Schon seit vielen Jahren steht das Thema Mehrgenerationenwohnen in Lahr im Raum. "Mit einem Fachtag ,Wohnen für alle Generationen' haben wir das Thema 2015 wieder aufgegriffen und verschiedene Modelle vorgestellt", berichtet Edwin Fischer, Leiter des Bürgerzentrums Treffpunkt Stadtmühle. "Damals blieb es aber leider bei der Hoffnung, dass sich aus diesem Fachtag eine Initiativgruppe gründet", so Fischer, der Anfang 2017 erneut einen Versuch startete. Auf Anregung aus Offenburg, wo bereits das zweite Mehrgenerationenwohnen entsteht, holte sich Fischer mit Jürgen Feldmaier aus Freiburg professionelle Hilfe mit ins Boot. Mit seiner Agentur für Wohngruppen hat Feldmaier beispielsweise auch das Projekt in Offenburg begleitet. Nach einer Infoveranstaltung im Mai und einer Exkursion nach Freiburg im September, stand am Montag nun die Gründung einer Projektgruppe auf der Agenda. "Dieses Mal hat es geklappt", freut sich Edwin Fischer.

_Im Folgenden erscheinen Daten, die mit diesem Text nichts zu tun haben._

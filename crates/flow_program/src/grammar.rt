//! What the parser of the command line is given: the commands, and their help.

ghost use Rattle.std.specs.Prelude.{◌≡◌, ◌++◌, ◌∷◌, [], false, IfOk};
ghost use Rattle.clap.specs.Walk.{rule_of};
ghost use Rattle.clap.specs.Simple.{app_of, new_shape, shape_of};
ghost use Rattle.clap.specs.declared.builder.command.Command.TheViews.{out-Command as fields_of};
ghost use Rattle.flow_program.specs.CommandLine.{any_number, check_shape, create_shape, dump_shape, explain_shape};
ghost use Rattle.flow_program.specs.CommandLine.{feed_shape, flag, merging_shape, passing_shape};
ghost use Rattle.flow_program.specs.CommandLine.{flowvault, folder_rule, keep_shape, measure_shape, needed, option};
ghost use Rattle.flow_program.specs.CommandLine.{moments_shape, optional, program, several, sized_shape, span_shape};
ghost use Rattle.flow_program.specs.CommandLine.{since_rule, until_rule};
ghost use Rattle.flow_program.specs.CommandLine.{asking_shape, folders_shape, records_shape, totals_shape, width_rule};
ghost use Rattle.flow_program.specs.CommandLine.{with_archives, with_feeding, with_queries, with_rolling, with_streams};
ghost use Rattle.flow_program.specs.CommandLine.{format_rules, inspect_shape, kept_shape, shell_shape};

use crate::export_words::with_exports;
use clap::{Arg, ArgAction, Command};
use std::alloc::{AllocError, Global};

/// What `measure` does, in a line or two.
const MEASURE_ABOUT: &str =
    "Sums the flows of the IPFIX File on standard input, by interval,\nObservation Domain and protocol";

/// What help has below the arguments of `measure`.
const MEASURE_HELP: &str =
    "Each line: START DOMAIN PROTOCOL FLOWS OCTETS PACKETS. START is in seconds since\n\
     1970-01-01 00:00 UTC; PROTOCOL is - where a flow has none. Nothing is written\n\
     unless the whole File is accepted.\n\
     A terminal on standard error is shown which records the File lacks: those\n\
     without a template in force, and those that Sequence Numbers leave out; --warn\n\
     says so anywhere.\n\
     \n\
     Example: flowvault measure 300 < FILE";

/// What `dump` does, in a line or two.
const DUMP_ABOUT: &str =
    "Writes the messages of the IPFIX File on standard input and their\ndata records, a line each";

/// What help has below the options of `dump`.
const DUMP_HELP: &str =
    "The lines: message LENGTH TIME SEQUENCE DOMAIN, then for each data record\n\
     record ID NAME=VALUE .. or options ID NAME=VALUE ..\n\
     TIME and elements of seconds or milliseconds count from 1970-01-01 00:00 UTC. An\n\
     element without a name here is eNUMBER, an enterprise's eENTERPRISE.NUMBER. The\n\
     lines before a refused message stay.\n\
     \n\
     Example: flowvault dump < FILE";

/// What `inspect` does, in a line or two.
const INSPECT_ABOUT: &str =
    "Counts what an IPFIX File has of each Observation Domain, and how\nmany records are missing";

/// What help has below the options of `inspect`.
const INSPECT_HELP: &str =
    "The lines, a domain each, in the order of their first messages: domain DOMAIN\n\
     messages N records N options N unread SETS OCTETS replaced N gaps N missing N\n\
     backwards N from TIME to TIME starts FIRST LAST longest SECONDS long N placed N\n\
     uncounted N sampled N; then one of all together: all domains N messages N ..\n\
     Unread are the data Sets without a template in force, and their octets; how\n\
     many records these hold isn't known. Replaced are the templates whose ID had a\n\
     different one in force, as where two exporters use the same IDs. A gap is a\n\
     message whose Sequence Number is past the one that the domain's data records\n\
     so far make due: as many are missing, lost on their way or unread. Backwards\n\
     are those before it: sent twice, in another order, or by an exporter that\n\
     began anew. TIME is the least and the greatest Export Time, FIRST and LAST the\n\
     least and the greatest start of the flows, SECONDS how long the longest one\n\
     lasts, - without one; N flows last more than 300 seconds. Placed are flows that\n\
     start at the Export Time, as their record has no start that counts; uncounted\n\
     those whose octets or packets are counted by elements that aren't summed;\n\
     sampled those with a sampling rate, which no sum is multiplied by. Nothing is\n\
     written unless the whole File is accepted.\n\
     Without a FILE standard input is read. The lines of FILEs begin with file N,\n\
     which counts them from 1; file is the first name of CSV and JSON. Each is read\n\
     by itself, in their order, up to the first that is refused, with its N.\n\
     \n\
     Examples: flowvault inspect < FILE\n\
     \x20         flowvault inspect --csv FILE OTHER";

/// What `create` does, in a line or two.
const CREATE_ABOUT: &str = "Makes an archive in a folder that exists";

/// What help has below the arguments of `create`.
const CREATE_HELP: &str =
    "Writes nothing on standard output. A segment takes --limit octets of messages;\n\
     old sums are made over --wide seconds, the greatest multiple of WIDTH where it\n\
     isn't given. These have no peaks within a wide interval, and no percentiles of\n\
     shorter ones, which a terminal on standard error is shown. A folder with any\n\
     n.ipfix, 1.slot or 2.slot is refused: 27 NotEmpty, status 1. One that isn't\n\
     there, or is in use: 30 Fault, status 3.\n\
     \n\
     Example: mkdir flows && flowvault create flows 300";

/// What `check` does, in a line or two.
const CHECK_ABOUT: &str = "Opens the archives of folders and says what they hold";
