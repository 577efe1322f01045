//! Lists of messages in a file, each with a gate that is opened once it is on the disk.
//!
//! A batch is placed with its gate closed, and settled; then the gate is opened and settled. A stop at any moment
//! leaves each list as it was, or, once `open_gate` has begun, with all messages of the batch; after its Ok, with all
//! of them. `scan` reads a list back: Ok on a gated list alone, else the place of the damage.
#![tactic(auto)]

mod batch;
mod gate;
mod laws;
mod messages;
mod tail;
mod walk;

pub use batch::add_batch;
pub use gate::{open_gate, place, place_batch};
pub use laws::laws_of_lists;
pub use messages::{message_at, messages_from};
pub use tail::{ScanError, Tail};
pub use walk::scan;
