ghost use Rattle.std.specs.Prelude.{◌≡◌};
ghost use Rattle.box_schedule.specs.Codes.{code_of};

use qs_values::Span;
use std::alloc::AllocError;

/// Why a block is refused.
#[derive(Clone, Copy, Debug, PartialEq, Eq)]
pub enum BoxRefusal {
    /// The block lasts longer than 2^40 ticks. The place is that of its first operation.
    TickOut { span: Span },
    /// A delay lasts less than 0 ticks. The place is that of the delay.
    DelayNegative { span: Span },
    /// Out of memory.
    Memory,
}

impl BoxRefusal {
    /// The number under which a refusal is printed, and 0 for out of memory.
    pub fn code(&self) -> u16
        ensures { result ≡ code_of self.now }
    {
        match self {
            BoxRefusal::TickOut { .. } => 203,
            BoxRefusal::DelayNegative { .. } => 204,
            BoxRefusal::Memory => 0,
        }
    }
}

impl From<AllocError> for BoxRefusal {
    ghost use Rattle.box_schedule.specs.declared.refusal.BoxRefusal.TheVariants.{Memory as OutOfMemory};

    ghost from_gives = { λ _ refusal. refusal ≡ OutOfMemory };

    fn from(_: AllocError) -> BoxRefusal {
        BoxRefusal::Memory
    }
}
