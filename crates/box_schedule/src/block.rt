use qs_values::{Affine, List, Span};

/// A block: timed operations that start together on all qubits, in order of the text.
#[derive(Debug, Drop)]
pub struct TBlock {
    pub ops: List<TOp>,
}

/// A timed operation: a leaf call, a measurement, a reset, a delay, a barrier or a box (OpenQASM 3.0,
/// circuit timing).
#[derive(Debug, Drop)]
pub struct TOp {
    /// Where it stands in the source.
    pub span: Span,
    /// The numbers of its qubits.
    pub qubits: List<u8>,
    /// How many ticks it lasts; 0 for a barrier, and not read at a box. Below 0 it is refused.
    pub length: Affine,
    /// The operations of a box, and `None` for anything else.
    pub inner: Option<List<TOp>>,
    /// The length in ticks that a box states, as in `box[d]`.
    pub fixed: Option<u64>,
    /// Whether it is a barrier.
    pub barrier: bool,
}

/// When the operations of a block begin.
#[derive(Debug, Drop)]
pub struct Placed {
    /// How many ticks the block lasts.
    pub length: u64,
    /// The tick of the block at which each operation begins, in order of the text.
    pub starts: List<u64>,
}
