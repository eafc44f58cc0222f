ghost use Rattle.std.specs.Prelude.{◌≡◌, ℕ, ◌<◌, ◌≤◌, ◌^◌, All, length, max, MatchOption, slice_index, if◌then◌else◌, IfOk};
ghost use Rattle.box_schedule.specs.steps.Clocks.{greatest};
ghost use Rattle.box_schedule.specs.Placement.{IsEarliest, IsFirstNegative, IsPlain, NoneIsNegative, Places, is_among, length_of, starts_of};

use crate::block::{Placed, TBlock, TOp};
use crate::refusal::BoxRefusal;
use qs_values::{List, Span};
use std::alloc::{AllocError, Global};

/// How many qubits have a clock: as many as a `u8` tells apart.
const QUBITS: usize = 256;

/// How many ticks a block lasts at most.
const LONGEST: u64 = 1 << 40;

/// When the operations of a block begin, in ticks: each as soon as the earlier ones on its qubits have
/// ended. Every valid schedule starts each operation at this tick or later.
///
/// Lengths are constant so far, from -2^32 to 2^32 ticks. So `values`, the ticks of each stretch by its
/// number, isn't read yet. No operation ends before tick 0.
///
/// # Errors
/// `TickOut`, at the first operation, where the block lasts longer than 2^40 ticks; else `DelayNegative`
/// at the first operation that lasts less than 0 ticks. `Memory` is out of memory, and may come in place
/// of any answer.
pub fn schedule(alloc: Global, block: &TBlock, values: &List<u64>) -> Result<Placed, BoxRefusal>
    requires plain { All IsPlain block.now.ops }
    requires count { length block.now.ops ≤ 2 ^ 24 }
    ensures places { Places block.now.ops result }
    ensures earliest { IfOk result (λ placed. IsEarliest block.now.ops placed.starts) }
{
    let ops = block.ops.as_slice();
    let placed = place(alloc, ops)?;
    match ops.first() {
        Some(first) if placed.length > LONGEST => Err(BoxRefusal::TickOut { span: first.span }),
        _ => match first_negative(ops) {
            Some(span) => Err(BoxRefusal::DelayNegative { span }),
            None => Ok(placed),
        },
    }
}

/// Where the first operation stands that lasts less than 0 ticks.
fn first_negative(ops: &[TOp]) -> Option<Span>
    ensures { MatchOption result (NoneIsNegative ops.now) (IsFirstNegative ops.now) }
{
    for op in ops {
        if op.length.ticks < 0 {
            return Some(op.span);
        }
    }
    None
}

/// The starts of these operations and the greatest end, with one clock per qubit.
fn place(alloc: Global, ops: &[TOp]) -> Result<Placed, AllocError>
    requires plain { All IsPlain ops.now }
    requires count { length ops.now ≤ 2 ^ 24 }
    ensures { IfOk result (λ placed.
        (placed.starts ≡ starts_of ops.now) × (placed.length ≡ length_of ops.now)) }
{
    let mut clocks = [0; QUBITS];
    let mut starts = Vec::with_capacity(alloc, ops.len())?;
    let mut length = 0;
    for op in ops {
        let qubits = op.qubits.as_slice();
        let start = begin(&clocks, qubits);
        // ends stay below 2^57, so a sum is cut short at tick 0 alone
        let end = start.saturating_add_signed(op.length.ticks);
        move_clocks(&mut clocks, qubits, end);
        starts.push(start)?;
        length = end.max(length);
    }
    Ok(Placed {
        length,
        starts: List::from_vec(starts),
    })
}

/// The greatest clock of these qubits, 0 without a qubit. Each qubit has a clock.
fn begin(clocks: &[u64; QUBITS], qubits: &[u8]) -> u64
    ensures start { result ≡ greatest (slice_index clocks.now) qubits.now }
    ensures known { (i : ℕ) → i < length qubits.now → slice_index qubits.now i < QUBITS }
{
    let mut start = 0;
    for qubit in qubits {
        start = clocks[usize::from(*qubit)].max(start);
    }
    start
}

/// Moves the clocks of these qubits to the tick `end`, but none back.
fn move_clocks(clocks: &mut [u64; QUBITS], qubits: &[u8], end: u64)
    ensures { (q : ℕ) → q < QUBITS → slice_index clocks.new q
        ≡ (if is_among qubits.now q then max end (slice_index clocks.old q)
        else slice_index clocks.old q) }
{
    for qubit in qubits {
        let clock = &mut clocks[usize::from(*qubit)];
        *clock = end.max(*clock);
    }
}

Drei Sitzungen für die Projektgruppe sind bis Ende Februar bereits geplant, die erste findet am 18. Dezember statt. Begleitet wird der Prozess von Jürgen Feldmaier. "Hierbei geht es darum, Ziele zu formulieren", so Fischer. Aufgabe der Projektgruppe wird es etwa sein, sich auf eine ideelle Grundlage zu einigen: Ob man ein Mehrgenerationenwohnen anstrebt, altersmäßig unter sich bleiben will oder einen sozialen Baustein berücksichtigen will. Geklärt werden muss außerdem das Trägerschaftsmodell, die mögliche Finanzierung oder ob es sich um eine reines Miet- oder eine Mischform von Kauf- und Mietobjekt handeln soll. Wer die Gruppe künftig nach außen vertritt, soll ebenso festgelegt werden wie der Name. "Die Ergebnisse sollen in ein Statut münden", erklärt Edwin Fischer, der von Seiten der Stadt das Projekt begleitet. Wichtig ist ihm zu betonen, dass es sich hierbei nicht um ein fertiges Projekt handelt, sondern um ein gemeinschaftliches mit hohem Grad an Selbstbestimmung.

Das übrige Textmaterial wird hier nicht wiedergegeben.